The target is the lamprey fry and I’ve been there when they treat the salmon and it also does kill the adult spawning lampreys. Got lots of snakes everywhere in the river bed. 


We need a cormorant hunting season, and layman lamprey treatment companies right?

Treatments will not kill adults.  The issue right now is the adult population.  We averaged 2-3 lampreys a trip!  I had lampreys sucked to rigger balls, my probe and the hull of my boat.  I have never seen that in the 38 seasons I have been fishing Lake Ontario!  We need to push the DEC to do more than just treatments.  There is new technology in attractants and repellants that could be used along with traps.  Attract lampreys to tributaries that are easy to deploy lamprey traps and trap as many adults as possible.  Put repellant in tribs with high spawning success rate to keep them out of prime habitat (as long as they don’t cause harm to other species).  The DEC had Covid money from the government that had to be used on Covid related issues with the fishery, here is an issue that was magnified by Covid.  Why not spend the money to correct this issue.  Sitting back and doing nothing only hurts the fishery.  If you think fish populations are an issue now, hang on because it could get worse due to mortality from lamprey.  If man power is an issue, I’m sure tons of guys (both trib and lake) would volunteer to assist in the program.  I certainly would. 

  • Like 1
Posted
3 hours ago, GAMBLER said:

My huge issue with the fishery right now that every angler Trib or lake angler should be concerned with is the lamprey population.
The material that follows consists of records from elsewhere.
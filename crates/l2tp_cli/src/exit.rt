//! How a command ends.

ghost use Rattle.std.specs.Prelude.{◌≡◌};
ghost use Rattle.l2tp_cli.specs.Exits.{status_of};

use wire_base::Why;

/// How a command ends.
#[derive(Clone, Copy, PartialEq, Eq)]
pub enum Exit {
    Ok,
    /// The words are no command.
    Usage,
    /// The first line of the text that is outside the grammar, counted from 1.
    BadLine {
        line: u64,
    },
    /// The first line that doesn't fit, counted from 1, and why.
    Unfit {
        line: u64,
        why: Why,
    },
    /// The first line that delivers a packet which has outlived half of the numbers of its channel, counted from 1: an Ns or
    /// Nr of the packet, without an end, and how many messages the tunnel that it is for has taken, or has acknowledged.
    HalfSpace {
        line: u64,
        number: u64,
        count: u64,
    },
    /// The first line that delivers a packet which was sent before the last reset of the tunnel that it is for, counted from 1: the epoch
    /// in which it was sent, and the one that the tunnel is in.
    Stale {
        line: u64,
        packet_epoch: u64,
        own_epoch: u64,
    },
    /// A node's checkpoint has so many records, and no room for those of the step of a line.
    StoreFull {
        records: u32,
    },
    /// The source failed.
    ReadFault,
    /// The sink failed.
    WriteFault,
    /// The text passes a limit; so many lines are begun there.
    TooLong {
        lines: u64,
    },
    /// Memory was wanting, or a node's disk had another number of records behind a stop than was due.
    NoMemory,
}

impl Exit {
    /// The status of the process.
    pub fn status(&self) -> u8
        ensures { result ≡ status_of self.now }
    {
        match self {
            Exit::Ok => 0,
            Exit::Usage => 1,
            Exit::BadLine { .. } => 2,
            Exit::Unfit { .. } => 3,
            Exit::HalfSpace { .. } | Exit::Stale { .. } => 4,
            Exit::ReadFault => 5,
            Exit::WriteFault => 6,
            Exit::TooLong { .. } => 7,
            Exit::StoreFull { .. } => 13,
            Exit::NoMemory => 20,
        }
    }
}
approx. 75% with scars in the creek....... many of them fresh/bloody.....

Posted (edited)

Gambler take the lead on this, get a hold of Chris at Cape Vincent , propose a plan,  have all your data and facts aligned for the new treatments. Questions for DEC.  How to pay for this, what resources it takes to employ the decoys and traps. I would be willing to bet there is a permit process that must take place to put anything like this in a stream. Research that and find out how to start the process.
 

Are there clubs and organizations willing to pony up the funds to help support it since it’s probably not a DEC budget item for 2023. Or ask them about where they are spending their Covid-19 cash. 
 

Great opportunity to take action from the angling community.